(Dataset entries)
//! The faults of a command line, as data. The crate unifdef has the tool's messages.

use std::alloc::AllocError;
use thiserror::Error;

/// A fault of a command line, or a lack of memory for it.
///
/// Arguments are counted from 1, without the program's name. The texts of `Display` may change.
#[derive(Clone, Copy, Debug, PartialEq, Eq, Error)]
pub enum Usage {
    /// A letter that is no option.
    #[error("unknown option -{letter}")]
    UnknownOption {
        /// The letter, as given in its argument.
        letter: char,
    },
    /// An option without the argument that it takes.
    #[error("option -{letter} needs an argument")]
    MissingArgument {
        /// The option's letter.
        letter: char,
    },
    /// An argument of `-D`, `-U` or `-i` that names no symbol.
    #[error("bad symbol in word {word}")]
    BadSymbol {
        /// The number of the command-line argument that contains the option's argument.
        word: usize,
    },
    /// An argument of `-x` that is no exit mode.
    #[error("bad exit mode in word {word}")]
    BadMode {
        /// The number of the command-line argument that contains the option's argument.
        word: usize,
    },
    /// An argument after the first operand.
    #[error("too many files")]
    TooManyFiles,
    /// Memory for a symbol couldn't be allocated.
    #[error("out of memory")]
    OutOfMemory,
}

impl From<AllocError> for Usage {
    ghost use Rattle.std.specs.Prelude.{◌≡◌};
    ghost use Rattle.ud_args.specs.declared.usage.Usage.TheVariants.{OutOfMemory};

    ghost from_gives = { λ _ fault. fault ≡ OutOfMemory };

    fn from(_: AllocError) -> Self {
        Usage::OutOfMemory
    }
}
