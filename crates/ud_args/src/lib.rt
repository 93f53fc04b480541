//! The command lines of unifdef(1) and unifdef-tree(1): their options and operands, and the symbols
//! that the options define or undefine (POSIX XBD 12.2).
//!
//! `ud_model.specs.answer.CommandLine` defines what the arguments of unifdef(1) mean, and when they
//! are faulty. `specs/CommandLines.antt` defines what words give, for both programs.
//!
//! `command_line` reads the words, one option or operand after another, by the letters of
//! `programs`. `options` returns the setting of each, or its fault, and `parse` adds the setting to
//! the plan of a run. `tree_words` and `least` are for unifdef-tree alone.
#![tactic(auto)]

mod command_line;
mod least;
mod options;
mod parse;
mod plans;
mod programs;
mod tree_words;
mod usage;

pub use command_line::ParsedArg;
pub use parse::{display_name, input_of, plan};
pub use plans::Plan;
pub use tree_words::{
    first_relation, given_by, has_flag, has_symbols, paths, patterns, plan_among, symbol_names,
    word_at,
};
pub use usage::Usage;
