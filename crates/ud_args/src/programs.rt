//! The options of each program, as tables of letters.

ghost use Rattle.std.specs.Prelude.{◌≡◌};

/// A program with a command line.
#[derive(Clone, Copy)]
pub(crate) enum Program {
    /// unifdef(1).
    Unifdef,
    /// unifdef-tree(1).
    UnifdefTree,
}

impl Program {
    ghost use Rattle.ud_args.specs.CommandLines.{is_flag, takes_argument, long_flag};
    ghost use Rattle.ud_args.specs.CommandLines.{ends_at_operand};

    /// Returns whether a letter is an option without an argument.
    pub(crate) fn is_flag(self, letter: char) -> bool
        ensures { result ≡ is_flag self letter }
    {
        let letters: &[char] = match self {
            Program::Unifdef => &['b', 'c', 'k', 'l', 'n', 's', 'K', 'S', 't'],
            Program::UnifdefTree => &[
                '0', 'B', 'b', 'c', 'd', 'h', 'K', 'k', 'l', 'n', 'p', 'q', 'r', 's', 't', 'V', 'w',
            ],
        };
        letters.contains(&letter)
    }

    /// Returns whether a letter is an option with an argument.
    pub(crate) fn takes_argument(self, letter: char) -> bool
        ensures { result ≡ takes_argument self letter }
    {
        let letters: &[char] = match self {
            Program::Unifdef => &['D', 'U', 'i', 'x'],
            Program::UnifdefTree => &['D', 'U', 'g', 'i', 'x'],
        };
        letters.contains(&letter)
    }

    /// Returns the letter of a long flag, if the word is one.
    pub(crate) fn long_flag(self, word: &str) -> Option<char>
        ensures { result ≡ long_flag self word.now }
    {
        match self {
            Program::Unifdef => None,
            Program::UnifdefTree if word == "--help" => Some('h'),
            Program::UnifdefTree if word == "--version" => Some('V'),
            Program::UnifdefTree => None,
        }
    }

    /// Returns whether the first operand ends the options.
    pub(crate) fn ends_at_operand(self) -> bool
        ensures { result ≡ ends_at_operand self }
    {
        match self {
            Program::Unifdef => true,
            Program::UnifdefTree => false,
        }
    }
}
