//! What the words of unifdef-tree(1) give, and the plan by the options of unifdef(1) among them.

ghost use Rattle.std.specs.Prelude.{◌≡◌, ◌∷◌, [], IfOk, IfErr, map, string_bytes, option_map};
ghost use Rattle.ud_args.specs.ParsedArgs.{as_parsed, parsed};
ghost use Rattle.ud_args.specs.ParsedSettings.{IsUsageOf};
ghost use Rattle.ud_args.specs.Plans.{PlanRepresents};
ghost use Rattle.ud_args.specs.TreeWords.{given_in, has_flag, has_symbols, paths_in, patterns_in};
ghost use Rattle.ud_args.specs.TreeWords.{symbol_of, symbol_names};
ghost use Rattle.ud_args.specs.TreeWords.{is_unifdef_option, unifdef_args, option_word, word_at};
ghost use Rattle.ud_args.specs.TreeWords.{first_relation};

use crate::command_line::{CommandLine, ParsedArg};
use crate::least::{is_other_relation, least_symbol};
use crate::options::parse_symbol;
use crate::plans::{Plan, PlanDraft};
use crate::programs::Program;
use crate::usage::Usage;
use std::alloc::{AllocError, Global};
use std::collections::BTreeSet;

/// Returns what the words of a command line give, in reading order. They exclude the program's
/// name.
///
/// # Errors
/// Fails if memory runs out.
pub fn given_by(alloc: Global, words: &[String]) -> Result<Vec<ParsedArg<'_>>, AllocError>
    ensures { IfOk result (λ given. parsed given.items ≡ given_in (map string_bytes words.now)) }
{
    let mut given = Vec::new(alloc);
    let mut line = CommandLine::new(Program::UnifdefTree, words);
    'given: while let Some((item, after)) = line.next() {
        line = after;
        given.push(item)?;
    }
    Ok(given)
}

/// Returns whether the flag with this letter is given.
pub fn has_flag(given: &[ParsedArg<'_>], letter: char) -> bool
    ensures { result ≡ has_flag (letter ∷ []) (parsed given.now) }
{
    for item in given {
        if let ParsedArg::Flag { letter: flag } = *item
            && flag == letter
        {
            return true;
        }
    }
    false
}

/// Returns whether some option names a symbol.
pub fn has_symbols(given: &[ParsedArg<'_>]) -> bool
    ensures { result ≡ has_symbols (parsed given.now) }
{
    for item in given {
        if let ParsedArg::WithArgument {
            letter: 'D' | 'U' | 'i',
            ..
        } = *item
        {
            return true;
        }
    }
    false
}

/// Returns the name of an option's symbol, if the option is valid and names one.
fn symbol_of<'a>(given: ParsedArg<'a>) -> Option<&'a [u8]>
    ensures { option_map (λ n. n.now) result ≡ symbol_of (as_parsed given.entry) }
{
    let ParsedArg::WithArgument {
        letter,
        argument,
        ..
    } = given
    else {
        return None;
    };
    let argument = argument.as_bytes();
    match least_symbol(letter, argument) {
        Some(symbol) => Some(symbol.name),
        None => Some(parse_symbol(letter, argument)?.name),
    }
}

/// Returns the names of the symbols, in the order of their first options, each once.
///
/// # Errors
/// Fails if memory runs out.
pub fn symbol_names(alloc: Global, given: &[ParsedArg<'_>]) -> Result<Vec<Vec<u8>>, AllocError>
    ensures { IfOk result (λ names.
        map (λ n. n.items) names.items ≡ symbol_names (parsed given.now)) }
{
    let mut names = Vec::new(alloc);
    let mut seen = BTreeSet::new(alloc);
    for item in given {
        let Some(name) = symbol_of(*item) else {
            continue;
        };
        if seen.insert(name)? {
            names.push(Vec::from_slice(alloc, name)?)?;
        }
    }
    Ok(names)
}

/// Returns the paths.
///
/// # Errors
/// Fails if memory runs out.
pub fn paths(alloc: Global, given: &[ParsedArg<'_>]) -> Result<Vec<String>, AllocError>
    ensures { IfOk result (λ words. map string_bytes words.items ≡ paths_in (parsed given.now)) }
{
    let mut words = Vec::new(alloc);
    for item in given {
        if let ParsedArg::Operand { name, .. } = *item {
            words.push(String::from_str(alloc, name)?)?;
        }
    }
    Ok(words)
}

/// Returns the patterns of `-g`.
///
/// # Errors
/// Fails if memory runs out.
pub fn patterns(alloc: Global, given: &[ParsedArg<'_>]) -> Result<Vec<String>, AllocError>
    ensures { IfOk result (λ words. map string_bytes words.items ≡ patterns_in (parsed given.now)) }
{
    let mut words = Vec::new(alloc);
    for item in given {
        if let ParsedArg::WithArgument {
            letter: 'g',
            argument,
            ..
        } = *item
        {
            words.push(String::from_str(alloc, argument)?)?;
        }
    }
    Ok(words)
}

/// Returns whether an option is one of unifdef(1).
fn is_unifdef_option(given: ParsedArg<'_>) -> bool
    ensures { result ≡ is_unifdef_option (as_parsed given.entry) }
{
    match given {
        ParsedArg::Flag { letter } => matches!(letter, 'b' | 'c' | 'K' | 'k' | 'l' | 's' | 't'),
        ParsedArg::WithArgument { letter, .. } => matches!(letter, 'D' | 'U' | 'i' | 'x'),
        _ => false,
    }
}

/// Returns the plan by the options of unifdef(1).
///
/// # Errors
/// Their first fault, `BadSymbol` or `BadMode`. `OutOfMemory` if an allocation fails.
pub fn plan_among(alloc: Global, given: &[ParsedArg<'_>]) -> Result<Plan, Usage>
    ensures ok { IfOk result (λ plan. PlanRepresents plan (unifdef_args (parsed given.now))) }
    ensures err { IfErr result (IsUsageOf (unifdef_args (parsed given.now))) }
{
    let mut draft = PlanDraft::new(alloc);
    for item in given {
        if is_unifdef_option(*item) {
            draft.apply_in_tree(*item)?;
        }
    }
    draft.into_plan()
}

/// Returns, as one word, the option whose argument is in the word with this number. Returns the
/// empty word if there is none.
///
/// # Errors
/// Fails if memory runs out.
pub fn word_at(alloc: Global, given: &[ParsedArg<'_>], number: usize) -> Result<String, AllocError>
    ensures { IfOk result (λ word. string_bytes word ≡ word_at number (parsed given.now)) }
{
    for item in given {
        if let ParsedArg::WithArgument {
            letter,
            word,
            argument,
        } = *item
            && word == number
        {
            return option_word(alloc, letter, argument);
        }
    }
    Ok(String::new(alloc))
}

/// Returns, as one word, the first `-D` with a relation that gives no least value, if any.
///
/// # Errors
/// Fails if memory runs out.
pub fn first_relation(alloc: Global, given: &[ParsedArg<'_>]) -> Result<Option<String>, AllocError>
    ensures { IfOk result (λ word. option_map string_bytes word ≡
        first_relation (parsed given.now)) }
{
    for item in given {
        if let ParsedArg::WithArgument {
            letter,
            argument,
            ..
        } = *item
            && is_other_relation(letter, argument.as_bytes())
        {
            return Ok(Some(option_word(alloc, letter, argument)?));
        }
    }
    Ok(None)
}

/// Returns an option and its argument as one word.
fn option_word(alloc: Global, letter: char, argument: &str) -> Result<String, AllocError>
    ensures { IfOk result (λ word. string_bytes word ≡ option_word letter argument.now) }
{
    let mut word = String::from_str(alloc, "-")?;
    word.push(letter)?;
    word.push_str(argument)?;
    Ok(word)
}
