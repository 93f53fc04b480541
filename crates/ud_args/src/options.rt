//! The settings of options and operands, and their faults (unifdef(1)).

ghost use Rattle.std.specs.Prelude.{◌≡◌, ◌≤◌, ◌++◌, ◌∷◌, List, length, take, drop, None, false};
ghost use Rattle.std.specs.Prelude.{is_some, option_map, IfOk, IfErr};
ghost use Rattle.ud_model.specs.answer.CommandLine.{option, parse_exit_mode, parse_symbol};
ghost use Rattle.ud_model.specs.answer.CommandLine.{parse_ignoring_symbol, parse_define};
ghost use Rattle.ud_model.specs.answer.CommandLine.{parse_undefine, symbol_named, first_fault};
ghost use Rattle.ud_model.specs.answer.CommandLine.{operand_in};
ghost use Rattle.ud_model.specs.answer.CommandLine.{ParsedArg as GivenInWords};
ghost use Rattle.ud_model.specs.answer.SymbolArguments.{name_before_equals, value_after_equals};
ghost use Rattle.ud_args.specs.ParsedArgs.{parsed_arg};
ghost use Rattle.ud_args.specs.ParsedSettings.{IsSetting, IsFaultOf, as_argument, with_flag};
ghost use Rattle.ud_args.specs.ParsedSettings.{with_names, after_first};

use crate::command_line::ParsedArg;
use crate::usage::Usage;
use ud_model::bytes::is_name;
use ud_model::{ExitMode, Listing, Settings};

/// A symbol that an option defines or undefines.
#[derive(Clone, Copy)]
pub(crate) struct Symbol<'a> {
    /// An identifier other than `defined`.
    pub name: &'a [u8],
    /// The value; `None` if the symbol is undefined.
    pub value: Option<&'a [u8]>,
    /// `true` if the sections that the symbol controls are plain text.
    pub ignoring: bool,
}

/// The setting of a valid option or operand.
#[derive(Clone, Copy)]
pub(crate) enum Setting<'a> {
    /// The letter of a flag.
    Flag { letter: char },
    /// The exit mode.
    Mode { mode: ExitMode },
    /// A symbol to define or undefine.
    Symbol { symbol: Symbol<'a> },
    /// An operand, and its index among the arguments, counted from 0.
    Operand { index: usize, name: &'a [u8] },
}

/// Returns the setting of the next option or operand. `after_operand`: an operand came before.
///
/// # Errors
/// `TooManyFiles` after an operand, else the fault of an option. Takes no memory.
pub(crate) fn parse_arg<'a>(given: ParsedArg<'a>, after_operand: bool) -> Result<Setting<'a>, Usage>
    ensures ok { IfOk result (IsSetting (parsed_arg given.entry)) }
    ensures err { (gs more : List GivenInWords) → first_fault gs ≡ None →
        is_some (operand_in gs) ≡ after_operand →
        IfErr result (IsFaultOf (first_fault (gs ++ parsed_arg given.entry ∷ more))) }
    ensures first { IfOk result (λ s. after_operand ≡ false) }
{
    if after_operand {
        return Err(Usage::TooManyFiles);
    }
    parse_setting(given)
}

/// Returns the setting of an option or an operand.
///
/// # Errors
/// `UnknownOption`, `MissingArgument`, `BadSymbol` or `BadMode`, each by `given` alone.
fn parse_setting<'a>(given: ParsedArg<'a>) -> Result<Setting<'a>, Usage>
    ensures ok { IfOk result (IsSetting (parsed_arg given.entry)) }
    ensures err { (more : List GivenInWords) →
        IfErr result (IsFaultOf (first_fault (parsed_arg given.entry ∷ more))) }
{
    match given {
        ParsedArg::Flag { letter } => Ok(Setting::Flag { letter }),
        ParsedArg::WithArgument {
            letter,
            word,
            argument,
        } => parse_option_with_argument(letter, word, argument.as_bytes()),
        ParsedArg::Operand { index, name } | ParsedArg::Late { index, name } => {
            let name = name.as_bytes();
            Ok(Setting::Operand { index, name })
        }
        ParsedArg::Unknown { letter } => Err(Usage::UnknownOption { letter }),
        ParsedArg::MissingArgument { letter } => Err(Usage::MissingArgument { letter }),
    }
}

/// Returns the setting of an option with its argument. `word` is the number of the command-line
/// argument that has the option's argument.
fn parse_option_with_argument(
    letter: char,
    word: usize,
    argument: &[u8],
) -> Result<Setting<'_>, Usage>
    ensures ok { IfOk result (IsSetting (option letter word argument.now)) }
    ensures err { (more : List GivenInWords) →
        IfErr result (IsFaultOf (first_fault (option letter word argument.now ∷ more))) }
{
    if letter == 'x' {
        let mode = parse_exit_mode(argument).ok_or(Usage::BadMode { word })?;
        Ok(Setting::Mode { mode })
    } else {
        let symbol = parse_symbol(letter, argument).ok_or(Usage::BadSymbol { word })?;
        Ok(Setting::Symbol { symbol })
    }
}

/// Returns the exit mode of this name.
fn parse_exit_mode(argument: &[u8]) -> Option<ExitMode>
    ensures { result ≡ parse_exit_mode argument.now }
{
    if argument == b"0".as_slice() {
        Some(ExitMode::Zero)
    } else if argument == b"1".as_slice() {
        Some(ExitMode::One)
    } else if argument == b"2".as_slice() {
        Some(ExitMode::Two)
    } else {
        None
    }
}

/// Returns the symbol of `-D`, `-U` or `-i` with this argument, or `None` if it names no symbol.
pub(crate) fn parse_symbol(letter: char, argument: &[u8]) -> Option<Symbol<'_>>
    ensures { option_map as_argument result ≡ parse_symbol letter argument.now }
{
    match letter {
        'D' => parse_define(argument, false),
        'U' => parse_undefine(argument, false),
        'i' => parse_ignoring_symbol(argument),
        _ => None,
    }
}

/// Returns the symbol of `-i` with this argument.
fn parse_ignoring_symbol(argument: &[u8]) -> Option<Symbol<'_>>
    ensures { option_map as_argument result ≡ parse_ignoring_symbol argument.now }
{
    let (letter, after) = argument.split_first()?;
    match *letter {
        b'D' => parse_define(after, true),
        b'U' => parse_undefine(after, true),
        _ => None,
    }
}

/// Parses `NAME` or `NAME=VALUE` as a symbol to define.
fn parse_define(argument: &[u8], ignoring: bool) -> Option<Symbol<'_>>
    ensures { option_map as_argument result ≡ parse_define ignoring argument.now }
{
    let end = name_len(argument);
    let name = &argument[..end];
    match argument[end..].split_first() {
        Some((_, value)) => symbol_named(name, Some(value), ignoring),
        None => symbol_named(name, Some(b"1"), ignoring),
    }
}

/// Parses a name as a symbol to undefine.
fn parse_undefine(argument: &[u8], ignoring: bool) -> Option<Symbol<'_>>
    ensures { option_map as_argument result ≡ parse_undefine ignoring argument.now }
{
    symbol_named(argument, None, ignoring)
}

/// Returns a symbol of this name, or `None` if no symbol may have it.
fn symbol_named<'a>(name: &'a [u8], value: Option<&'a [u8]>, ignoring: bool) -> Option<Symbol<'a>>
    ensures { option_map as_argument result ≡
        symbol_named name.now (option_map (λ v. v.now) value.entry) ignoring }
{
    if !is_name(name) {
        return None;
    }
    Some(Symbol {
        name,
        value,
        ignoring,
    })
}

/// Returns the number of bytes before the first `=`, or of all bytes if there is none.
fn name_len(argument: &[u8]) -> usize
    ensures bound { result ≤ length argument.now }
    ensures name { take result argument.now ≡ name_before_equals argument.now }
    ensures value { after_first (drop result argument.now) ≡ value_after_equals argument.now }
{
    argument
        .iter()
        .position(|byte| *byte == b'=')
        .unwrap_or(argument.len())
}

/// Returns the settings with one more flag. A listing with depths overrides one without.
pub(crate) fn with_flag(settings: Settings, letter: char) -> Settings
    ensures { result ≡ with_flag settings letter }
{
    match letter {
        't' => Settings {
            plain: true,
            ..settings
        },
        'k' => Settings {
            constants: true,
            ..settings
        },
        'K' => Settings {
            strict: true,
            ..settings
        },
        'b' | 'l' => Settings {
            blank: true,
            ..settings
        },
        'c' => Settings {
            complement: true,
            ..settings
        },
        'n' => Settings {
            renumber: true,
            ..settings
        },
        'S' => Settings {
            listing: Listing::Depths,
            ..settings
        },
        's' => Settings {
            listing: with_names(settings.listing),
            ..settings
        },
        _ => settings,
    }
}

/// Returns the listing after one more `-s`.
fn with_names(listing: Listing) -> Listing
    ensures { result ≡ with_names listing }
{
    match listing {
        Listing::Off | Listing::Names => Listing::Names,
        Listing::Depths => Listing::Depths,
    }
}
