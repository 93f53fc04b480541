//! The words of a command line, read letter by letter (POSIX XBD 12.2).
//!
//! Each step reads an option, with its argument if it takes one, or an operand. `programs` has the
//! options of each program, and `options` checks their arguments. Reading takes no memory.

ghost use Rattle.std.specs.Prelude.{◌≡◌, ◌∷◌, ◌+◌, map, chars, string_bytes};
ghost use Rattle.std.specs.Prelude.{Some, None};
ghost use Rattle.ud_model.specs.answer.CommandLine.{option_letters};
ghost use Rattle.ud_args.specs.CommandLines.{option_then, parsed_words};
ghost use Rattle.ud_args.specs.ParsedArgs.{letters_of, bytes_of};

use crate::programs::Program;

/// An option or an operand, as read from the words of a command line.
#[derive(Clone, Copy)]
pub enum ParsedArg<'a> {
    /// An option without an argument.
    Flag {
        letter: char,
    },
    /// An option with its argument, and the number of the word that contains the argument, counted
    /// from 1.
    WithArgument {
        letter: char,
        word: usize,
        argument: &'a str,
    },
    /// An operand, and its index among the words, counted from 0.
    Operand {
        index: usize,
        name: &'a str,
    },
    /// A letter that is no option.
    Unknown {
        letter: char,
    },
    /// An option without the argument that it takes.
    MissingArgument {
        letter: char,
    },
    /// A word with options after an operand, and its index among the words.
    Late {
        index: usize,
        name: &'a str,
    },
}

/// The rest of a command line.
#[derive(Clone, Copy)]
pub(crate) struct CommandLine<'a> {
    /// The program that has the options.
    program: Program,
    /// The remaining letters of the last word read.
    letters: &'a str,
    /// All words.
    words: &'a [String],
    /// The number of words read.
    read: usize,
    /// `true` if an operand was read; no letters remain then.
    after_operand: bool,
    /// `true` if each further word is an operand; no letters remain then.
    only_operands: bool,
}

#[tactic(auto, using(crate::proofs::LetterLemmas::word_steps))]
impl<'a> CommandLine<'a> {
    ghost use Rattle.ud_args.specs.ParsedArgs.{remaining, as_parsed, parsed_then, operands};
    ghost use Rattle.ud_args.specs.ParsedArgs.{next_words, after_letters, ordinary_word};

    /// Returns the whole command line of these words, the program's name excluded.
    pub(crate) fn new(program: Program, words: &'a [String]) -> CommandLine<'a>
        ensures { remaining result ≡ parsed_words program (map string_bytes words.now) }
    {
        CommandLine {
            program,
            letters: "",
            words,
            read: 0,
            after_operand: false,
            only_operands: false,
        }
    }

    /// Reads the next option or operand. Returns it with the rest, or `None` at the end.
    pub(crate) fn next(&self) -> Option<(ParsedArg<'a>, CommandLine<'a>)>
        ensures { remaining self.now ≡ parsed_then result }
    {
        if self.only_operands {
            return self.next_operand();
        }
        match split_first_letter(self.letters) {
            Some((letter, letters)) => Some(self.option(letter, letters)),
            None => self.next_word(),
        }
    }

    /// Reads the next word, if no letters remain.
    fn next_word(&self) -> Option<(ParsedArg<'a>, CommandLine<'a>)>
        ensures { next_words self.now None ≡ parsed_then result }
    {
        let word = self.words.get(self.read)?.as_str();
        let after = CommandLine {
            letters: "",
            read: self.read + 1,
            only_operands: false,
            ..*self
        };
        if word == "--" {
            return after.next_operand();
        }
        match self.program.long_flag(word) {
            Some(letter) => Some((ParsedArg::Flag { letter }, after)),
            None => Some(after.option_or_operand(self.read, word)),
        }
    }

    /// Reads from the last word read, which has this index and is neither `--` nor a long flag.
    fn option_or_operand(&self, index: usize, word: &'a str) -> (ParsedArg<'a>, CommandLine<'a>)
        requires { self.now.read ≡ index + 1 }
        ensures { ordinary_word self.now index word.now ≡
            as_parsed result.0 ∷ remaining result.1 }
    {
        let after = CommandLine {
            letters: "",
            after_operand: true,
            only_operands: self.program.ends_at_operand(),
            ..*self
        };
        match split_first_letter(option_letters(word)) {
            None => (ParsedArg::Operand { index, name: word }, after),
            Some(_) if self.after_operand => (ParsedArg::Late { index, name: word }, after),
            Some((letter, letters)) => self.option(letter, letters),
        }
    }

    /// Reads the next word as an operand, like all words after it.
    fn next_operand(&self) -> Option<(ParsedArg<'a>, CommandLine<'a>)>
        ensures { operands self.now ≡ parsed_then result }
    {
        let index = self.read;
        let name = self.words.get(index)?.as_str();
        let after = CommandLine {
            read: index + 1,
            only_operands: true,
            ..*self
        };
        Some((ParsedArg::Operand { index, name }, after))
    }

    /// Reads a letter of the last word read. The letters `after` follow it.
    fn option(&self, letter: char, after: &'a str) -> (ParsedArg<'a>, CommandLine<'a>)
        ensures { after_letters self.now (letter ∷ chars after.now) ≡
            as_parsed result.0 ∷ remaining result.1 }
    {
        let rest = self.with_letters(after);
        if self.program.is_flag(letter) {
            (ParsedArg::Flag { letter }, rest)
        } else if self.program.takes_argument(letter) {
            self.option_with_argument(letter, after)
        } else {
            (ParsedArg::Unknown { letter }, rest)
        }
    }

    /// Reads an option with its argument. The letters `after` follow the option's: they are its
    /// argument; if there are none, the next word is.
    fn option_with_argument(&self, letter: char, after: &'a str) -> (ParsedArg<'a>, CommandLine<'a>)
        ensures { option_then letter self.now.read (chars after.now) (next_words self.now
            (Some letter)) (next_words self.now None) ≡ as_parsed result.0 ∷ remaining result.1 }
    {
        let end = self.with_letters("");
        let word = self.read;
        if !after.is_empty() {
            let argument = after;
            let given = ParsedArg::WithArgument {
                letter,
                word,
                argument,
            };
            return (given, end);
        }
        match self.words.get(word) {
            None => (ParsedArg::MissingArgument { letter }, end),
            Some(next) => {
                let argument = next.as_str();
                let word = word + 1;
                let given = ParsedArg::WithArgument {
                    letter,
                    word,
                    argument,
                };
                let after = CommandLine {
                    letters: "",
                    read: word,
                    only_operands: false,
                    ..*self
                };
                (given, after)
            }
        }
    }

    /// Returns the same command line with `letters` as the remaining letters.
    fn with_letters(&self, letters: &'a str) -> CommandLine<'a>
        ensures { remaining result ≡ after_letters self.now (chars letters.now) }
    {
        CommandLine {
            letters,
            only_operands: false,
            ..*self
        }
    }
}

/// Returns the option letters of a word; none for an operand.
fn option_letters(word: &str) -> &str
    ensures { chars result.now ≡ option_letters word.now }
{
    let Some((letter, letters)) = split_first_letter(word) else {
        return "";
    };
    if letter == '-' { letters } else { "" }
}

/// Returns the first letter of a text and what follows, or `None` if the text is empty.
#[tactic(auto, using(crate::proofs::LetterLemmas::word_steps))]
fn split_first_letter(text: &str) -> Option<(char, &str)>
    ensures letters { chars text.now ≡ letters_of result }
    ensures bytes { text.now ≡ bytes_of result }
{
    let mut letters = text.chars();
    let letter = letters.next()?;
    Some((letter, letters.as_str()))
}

TRY IT -
Please transcribe only the lines in the records above running from the line that has "None => (ParsedArg::Operand" through the line that has "let word = self.read;", both included, exactly as they appear.

TASK SOLUTION -
            None => (ParsedArg::Operand { index, name: word }, after),
            Some(_) if self.after_operand => (ParsedArg::Late { index, name: word }, after),
            Some((letter, letters)) => self.option(letter, letters),
        }
    }

    /// Reads the next word as an operand, like all words after it.
    fn next_operand(&self) -> Option<(ParsedArg<'a>, CommandLine<'a>)>
        ensures { operands self.now ≡ parsed_then result }
    {
        let index = self.read;
        let name = self.words.get(index)?.as_str();
        let after = CommandLine {
            read: index + 1,
            only_operands: true,
            ..*self
        };
        Some((ParsedArg::Operand { index, name }, after))
    }

    /// Reads a letter of the last word read. The letters `after` follow it.
    fn option(&self, letter: char, after: &'a str) -> (ParsedArg<'a>, CommandLine<'a>)
        ensures { after_letters self.now (letter ∷ chars after.now) ≡
            as_parsed result.0 ∷ remaining result.1 }
    {
        let rest = self.with_letters(after);
        if self.program.is_flag(letter) {
            (ParsedArg::Flag { letter }, rest)
        } else if self.program.takes_argument(letter) {
            self.option_with_argument(letter, after)
        } else {
            (ParsedArg::Unknown { letter }, rest)
        }
    }

    /// Reads an option with its argument. The letters `after` follow the option's: they are its
    /// argument; if there are none, the next word is.
    fn option_with_argument(&self, letter: char, after: &'a str) -> (ParsedArg<'a>, CommandLine<'a>)
        ensures { option_then letter self.now.read (chars after.now) (next_words self.now
            (Some letter)) (next_words self.now None) ≡ as_parsed result.0 ∷ remaining result.1 }
    {
        let end = self.with_letters("");
        let word = self.read;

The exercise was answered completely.